If we consider all possible points of the system in a chronological order, we will find that it draws a trajectory line in the phase space, which looks like the flight of a fly. The study of these trajectories tells much about systems.
Generally speaking the development of a trajectory depends on the initial state and thus by the initial conditions.
Left free to evolve a system displays normally a short-term dynamic, temporary, known as transient stage, and a long-term dynamic conditions. The latter can be a null state (think of a spring that is discharged, or the swings of a pendulum at the end of its oscillations, when it doesn't receive additional forces) or a steady state. The current in a transformer is periodic indefinitely, for example.

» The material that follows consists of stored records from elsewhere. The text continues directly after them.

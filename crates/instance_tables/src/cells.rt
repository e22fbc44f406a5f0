//! The cells of a table, and what they spell.

ghost use Rattle.std.specs.Prelude.{◌≤◌, IfOk};

use crate::columns::{Column, Table};
use crate::refusal::{ImportRefusal, TableRefusal, shown};
use crate::spans::{digits, span_in};
use crate::why::Why;
use std::alloc::Global;
use table_records::unguarded;

/// The most bytes of a name.
const NAME_MOST: usize = 32;

/// The most digits of a number.
const DIGITS_MOST: usize = 9;

/// The slots of an instance: how long each is, and how many a day has.
#[derive(Clone, Copy, Drop)]
pub(crate) struct Grid {
    /// The minutes of a slot.
    pub(crate) slot_minutes: u16,
    /// The slots of a day.
    pub(crate) day_slots: u16,
}

/// A cell of a table, with its place and its text.
#[derive(Clone, Copy, Drop)]
pub(crate) struct Cell<'a> {
    /// The table.
    pub(crate) table: Table,
    /// The number of its row.
    pub(crate) row: u64,
    /// The column.
    pub(crate) column: Column,
    /// Its text, without blanks before and behind it.
    pub(crate) text: &'a str,
}

impl<'a> Cell<'a> {
    /// The refusal of the cell.
    pub(crate) fn refused(self, alloc: Global, why: Why) -> ImportRefusal {
        match shown(alloc, self.text) {
            Ok(found) => ImportRefusal::Table(TableRefusal {
                table: self.table,
                row: Some(self.row),
                column: Some(self.column),
                found: Some(found),
                why,
            }),
            Err(_) => ImportRefusal::NoMemory,
        }
    }

    /// The whole number that it spells, within these.
    pub(crate) fn number(self, alloc: Global, least: u32, most: u32) -> Result<u32, ImportRefusal>
        ensures least { IfOk result (λ n. least ≤ n) }
        ensures most { IfOk result (λ n. n ≤ most) }
    {
        match digits(self.text, DIGITS_MOST) {
            Some(number) if least <= number && number <= most => Ok(number),
            _ => Err(self.refused(alloc, Why::Number { least, most })),
        }
    }

    /// The minutes that it spells as a time or a span.
    pub(crate) fn minutes(self, alloc: Global) -> Result<u64, ImportRefusal> {
        match span_in(self.text) {
            Some(span) => Ok(span.minutes),
            None => Err(self.refused(alloc, Why::Span)),
        }
    }

    /// The minutes of a part of a break rule, which are spelled with a colon, a decimal point or comma, or are 0.
    pub(crate) fn break_minutes(self, alloc: Global) -> Result<u64, ImportRefusal> {
        match span_in(self.text) {
            Some(span) if !span.is_bare => Ok(span.minutes),
            Some(_) => Err(self.refused(alloc, Why::Bare)),
            None => Err(self.refused(alloc, Why::Span)),
        }
    }

    /// The slots of some minutes that it spells, within these.
    pub(crate) fn slots(
        self,
        alloc: Global,
        grid: Grid,
        minutes: u64,
        least: u16,
        most: u16,
    ) -> Result<u16, ImportRefusal>
        ensures least { IfOk result (λ n. least ≤ n) }
        ensures most { IfOk result (λ n. n ≤ most) }
    {
        let slot_minutes = u64::from(grid.slot_minutes.max(1));
        if minutes % slot_minutes != 0 {
            let slot_minutes = grid.slot_minutes;
            return Err(self.refused(alloc, Why::Slots { slot_minutes }));
        }
        let slots = minutes / slot_minutes;
        match u16::try_from(slots) {
            Ok(slots) if least <= slots && slots <= most => Ok(slots),
            _ => {
                let why = Why::Within {
                    least: u64::from(least).saturating_mul(slot_minutes),
                    most: u64::from(most).saturating_mul(slot_minutes),
                };
                Err(self.refused(alloc, why))
            }
        }
    }

    /// The name that it holds, of 1 to 32 visible bytes of ASCII.
    pub(crate) fn name(self, alloc: Global) -> Result<&'a [u8], ImportRefusal> {
        let name = unguarded(self.text.as_bytes());
        let is_visible = name.iter().all(|byte| byte.is_ascii_graphic());
        if name.is_empty() || NAME_MOST < name.len() || !is_visible {
            return Err(self.refused(alloc, Why::Name));
        }
        Ok(name)
    }
}
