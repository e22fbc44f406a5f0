//! The tables of an instance: four files of comma-separated values that a spreadsheet writes, read as an instance, and the tables that an
//! instance is written as.
#![tactic(auto)]

mod cells;
mod columns;
mod export;
mod export_rules;
mod hours;
mod import;
mod need;
mod refusal;
mod rule_lists;
mod rules;
mod settings;
mod sheet;
mod spans;
mod splitting;
mod types;
mod why;

pub use columns::{Column, Table};
pub use export::{TableTexts, exported};
pub use import::{TableBytes, imported};
pub use refusal::{ImportRefusal, TableRefusal};
pub use why::Why;
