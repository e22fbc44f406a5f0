//! A table as it was read: its columns, and its rows as cells.

use crate::cells::Cell;
use crate::columns::{Column, Table};
use crate::refusal::{ImportRefusal, TableRefusal, shown};
use crate::splitting::cells_in;
use crate::why::Why;
use std::alloc::Global;
use std::str::from_utf8;

/// A row of a table.
#[derive(Drop)]
pub(crate) struct SheetRow {
    /// Its number, from 1 on, the names of the columns being row 1.
    pub(crate) number: u64,
    cells: Vec<String>,
}

impl SheetRow {
    /// The text of the cell at a place, which is empty where the row ends before.
    fn text_at(&self, place: usize) -> &str {
        match self.cells.as_slice().get(place) {
            Some(cell) => cell.as_str().trim(),
            None => "",
        }
    }
}

/// A table as it was read.
#[derive(Drop)]
pub(crate) struct Sheet {
    table: Table,
    /// The column of each place of a row, and none where it has no name.
    columns: Vec<Option<Column>>,
    rows: Vec<SheetRow>,
}

/// The text of a file without its byte order mark, and none where it isn't UTF-8 or has zero bytes, as UTF-16 has.
fn text_of(bytes: &[u8]) -> Option<&str> {
    if bytes.contains(&0) {
        return None;
    }
    let text = from_utf8(bytes).ok()?;
    Some(text.strip_prefix('\u{feff}').unwrap_or(text))
}

/// The cells of a line.
fn cells_of(
    alloc: Global,
    table: Table,
    number: u64,
    separator: char,
    line: &str,
) -> Result<Vec<String>, ImportRefusal> {
    match cells_in(alloc, separator, line)? {
        Some(cells) => Ok(cells),
        None => Err(ImportRefusal::Table(TableRefusal::of_row(table, number, Why::Quotes))),
    }
}

/// The text of a cell without blanks before and behind it, and none where it is empty.
fn text_in(cell: &String) -> Option<&str> {
    let text = cell.as_str().trim();
    if text.is_empty() { None } else { Some(text) }
}

/// Whether a cell of some cells holds more than blanks.
fn has_text(cells: &[String]) -> bool {
    for cell in cells {
        if text_in(cell).is_some() {
            return true;
        }
    }
    false
}

/// The column that a cell of the first line names.
fn column_of(alloc: Global, table: Table, cell: &String) -> Result<Option<Column>, ImportRefusal> {
    let Some(name) = text_in(cell) else {
        return Ok(None);
    };
    match table.column_named(name) {
        Some(column) => Ok(Some(column)),
        None => Err(ImportRefusal::Table(TableRefusal {
            table,
            row: Some(1),
            column: None,
            found: Some(shown(alloc, name)?),
            why: Why::UnknownColumn { table },
        })),
    }
}

/// The refusal of a column.
fn column_refused(table: Table, column: Column, why: Why) -> ImportRefusal {
    ImportRefusal::Table(TableRefusal {
        table,
        row: Some(1),
        column: Some(column),
        found: None,
        why,
    })
}

/// The columns that the cells of the first line name, each once.
fn named_columns(
    alloc: Global,
    table: Table,
    cells: &[String],
) -> Result<Vec<Option<Column>>, ImportRefusal> {
    let mut columns: Vec<Option<Column>> = Vec::new(alloc);
    for cell in cells {
        let column = column_of(alloc, table, cell)?;
        match column {
            Some(found) if columns.contains(&column) => {
                return Err(column_refused(table, found, Why::ColumnTwice));
            }
            _ => columns.push(column)?,
        }
    }
    Ok(columns)
}

/// The columns of a table by the cells of its first line: those that it must have are there.
fn columns_of(
    alloc: Global,
    table: Table,
    cells: &[String],
) -> Result<Vec<Option<Column>>, ImportRefusal> {
    let columns = named_columns(alloc, table, cells)?;
    for column in table.columns() {
        if table.must_have(*column) && !columns.contains(&Some(*column)) {
            return Err(column_refused(table, *column, Why::NoColumn));
        }
    }
    Ok(columns)
}

impl Sheet {
    /// The table that a file holds. Its first line has the names of the columns, in any order; cells are separated by semicolons where
    /// that line has one, and else by commas. Empty rows are passed over.
    pub(crate) fn read(alloc: Global, table: Table, bytes: &[u8]) -> Result<Sheet, ImportRefusal> {
        let Some(text) = text_of(bytes) else {
            return Err(ImportRefusal::Table(TableRefusal::of_table(table, Why::Encoding)));
        };
        let mut lines = text.lines();
        let first = lines.next().unwrap_or("");
        if first.is_empty() {
            return Err(ImportRefusal::Table(TableRefusal::of_table(table, Why::NoColumns)));
        }
        let separator = if first.contains(';') { ';' } else { ',' };
        let names = cells_of(alloc, table, 1, separator, first)?;
        let mut sheet = Sheet {
            table,
            columns: columns_of(alloc, table, names.as_slice())?,
            rows: Vec::new(alloc),
        };
        let mut number: u64 = 1;
        for line in lines {
            number = number.saturating_add(1);
            sheet.add_line(alloc, separator, number, line)?;
        }
        Ok(sheet)
    }

    /// Adds the row of a line, unless it is empty.
    fn add_line(
        &mut self,
        alloc: Global,
        separator: char,
        number: u64,
        line: &str,
    ) -> Result<(), ImportRefusal> {
        let cells = cells_of(alloc, self.table, number, separator, line)?;
        if has_text(cells.as_slice()) {
            self.see_places(alloc, number, cells.as_slice())?;
            self.rows.push(SheetRow { number, cells })?;
        }
        Ok(())
    }

    /// Refuses a row with a text in a place that no column has.
    fn see_places(
        &self,
        alloc: Global,
        number: u64,
        cells: &[String],
    ) -> Result<(), ImportRefusal> {
        for (place, cell) in cells.iter().enumerate() {
            let is_named = matches!(self.columns.as_slice().get(place), Some(Some(_)));
            match text_in(cell) {
                Some(text) if !is_named => {
                    return Err(ImportRefusal::Table(TableRefusal {
                        table: self.table,
                        row: Some(number),
                        column: None,
                        found: Some(shown(alloc, text)?),
                        why: Why::Beyond,
                    }));
                }
                _ => {}
            }
        }
        Ok(())
    }

    /// Refuses the first row behind so many, if there is one.
    pub(crate) fn see_most(&self, most: usize) -> Result<(), ImportRefusal> {
        match self.rows.as_slice().get(most) {
            Some(row) => Err(ImportRefusal::Table(TableRefusal::of_row(
                self.table,
                row.number,
                Why::TooManyRows { most: most as u64 },
            ))),
            None => Ok(()),
        }
    }

    /// Its rows, from the first; there is one at least, and there are at most so many.
    pub(crate) fn rows(&self, most: usize) -> Result<&[SheetRow], ImportRefusal> {
        self.see_most(most)?;
        if self.rows.is_empty() {
            return Err(ImportRefusal::Table(TableRefusal::of_table(self.table, Why::NoRows)));
        }
        Ok(self.rows.as_slice())
    }

    /// Its rows, from the first.
    pub(crate) fn every_row(&self) -> &[SheetRow] {
        self.rows.as_slice()
    }

    /// The cell of a row in a column, which is empty where the table hasn't that column or the row ends before.
    pub(crate) fn cell<'a>(&'a self, row: &'a SheetRow, column: Column) -> Cell<'a> {
        let place = self
            .columns
            .as_slice()
            .iter()
            .position(|found| *found == Some(column));
        let text = match place {
            Some(place) => row.text_at(place),
            None => "",
        };
        Cell {
            table: self.table,
            row: row.number,
            column,
            text,
        }
    }
}
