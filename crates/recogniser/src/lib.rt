// The recogniser: for any bytes, whether they are a text of the grammar within its sizes, or the refusal 2, 3 or 7 and its place.
// The text is read once, word by word, by the table of states, the position in the statement and the counts.
#![tactic(auto)]

ghost use Rattle.std.specs.Prelude.{◌≡◌, List, [], ℕ, ◌+◌, ◌≤◌, ◌<◌, ◌^◌, length, Some};
ghost use Rattle.meaning.specs.Words.{Word};
ghost use Rattle.words.specs.Spans.{span_of};
ghost use Rattle.reading.specs.Counts.{Room};
ghost use Rattle.recogniser.specs.Refusal.{of_verdict, refusal_of, number_of, place_of, shown};
ghost use Rattle.recogniser.specs.Turn.{ahead, Begun, Taken};

use grammar::{State, Transitions};
use kinds::Kind;
use reading::Seen;
use reading::sizes::Counts;
use std::error::Error;
use std::fmt;
use words::keywords::Keywords;
use words::{Span, Words};

// No text is longer.
const TEXT_SIZE: usize = 32768;

// Why a text is refused, and at which place.
#[derive(Clone, Copy, Debug, PartialEq, Eq)]
pub enum Refusal {
    LongText,
    NotGrammar { place: usize },
    OverSize { place: usize },
}

impl Refusal {
    // The number of the refusal.
    pub fn number(self) -> u32
        ensures { result ≡ number_of self }
    {
        match self {
            Refusal::LongText => 2,
            Refusal::NotGrammar { .. } => 3,
            Refusal::OverSize { .. } => 7,
        }
    }

    // Its place; 0 for a text that is too long.
    // kept: 0 and no Option, as in the definitions, which give each refusal a place.
    pub fn place(self) -> usize
        ensures { result ≡ place_of self }
    {
        match self {
            Refusal::LongText => 0,
            Refusal::NotGrammar { place } | Refusal::OverSize { place } => place,
        }
    }
}

// The number and the place, a space between them.
impl fmt::Display for Refusal {
    ghost output = { λ r. Some (shown r) };

    fn fmt<W: fmt::Write>(&self, f: &mut fmt::Formatter<W>) -> fmt::Result {
        write!(f, "{} {}", self.number(), self.place())
    }
}

impl Error for Refusal {}

// What is known behind the words so far: the state of the grammar, the position in the statement, the counts, and the place of the
// last word.
#[derive(Drop)]
struct Reading {
    state: State,
    seen: Seen,
    counts: Counts,
    last: usize,
}

impl Reading {
    // Before the first word.
    fn new() -> Reading
        ensures { Begun result }
    {
        Reading {
            state: State::start(),
            seen: Seen::outside(),
            counts: Counts::new(),
            last: 0,
        }
    }

    // Behind one more word, w: the grammar is asked first, then the sizes.
    fn take(&mut self, next: &Transitions, w: Span) -> Result<(), Refusal>
        requires { (self.old.state.depth + 1 < 2 ^ 64) × Room 65534 self.old.counts × (w.start ≤ w.end) }
        ensures { (x : Word) → w ≡ span_of x → Taken self.old x result self.new }
    {
        let kind = w.kind;
        let state = next
            .step(self.state, kind)
            .ok_or(Refusal::NotGrammar { place: w.start })?;
        self.counts.count(self.seen, kind);
        if self.counts.exceeds(self.seen, kind, w.end - w.start) {
            let place = self.seen.place_of(kind, w.start, self.last);
            return Err(Refusal::OverSize { place });
        }
        self.state = state;
        self.seen = self.seen.step(kind);
        self.last = w.start;
        Ok(())
    }

    // At the text's end.
    #[tactic(auto, unfolding(crate::specs::Refusal::of_verdict, crate::specs::Turn::ahead, meaning::specs::Sizes::read_from))]
    fn finish(&self, end: usize) -> Result<(), Refusal>
        ensures { result ≡ of_verdict (ahead end self.now []) }
    {
        if self.state.accepting() {
            Ok(())
        } else {
            Err(Refusal::NotGrammar { place: end })
        }
    }
}

// Whether the bytes are a text of the grammar within its sizes; if not, the refusal, 2, 3 or 7, and its place.
pub fn recognise(text: &[u8]) -> Result<(), Refusal>
    ensures { result ≡ refusal_of text.now }
{
    if TEXT_SIZE < text.len() {
        return Err(Refusal::LongText);
    }
    let keys = Keywords::new();
    let next = Transitions::new();
    let mut reading = Reading::new();
    for w in Words::new(&keys, text) {
        reading.take(&next, w)?;
    }
    reading.finish(text.len())
}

The state we are interested to is the chaotic one. In this case, different initial conditions cause different trajectories, which never overlap nor cross both a given point. The chaotic trajectories are an infinite development of a curve in the phase space that do not ever repeat twice the same even for a tiny tract.
Should we draw it, we would see that this curve never intersects itself. If you think about it, this fact is closely related to the impredicibility of chaos: should an overlap ever occur periodicity would settle up, because from that moment on the curve will repeat itself, giving rise to a periodic state that allows easy predictions of the system dynamics.
The bizarre geometric figure drawn by this trajectory is called strange attractor: the name betrays the surprise of those who saw it for the very first time and did not know how else that rich dynamic could be called. The set of all states that give raise to trajectories evolving with this curious geometry is called the attractor's basin of attraction.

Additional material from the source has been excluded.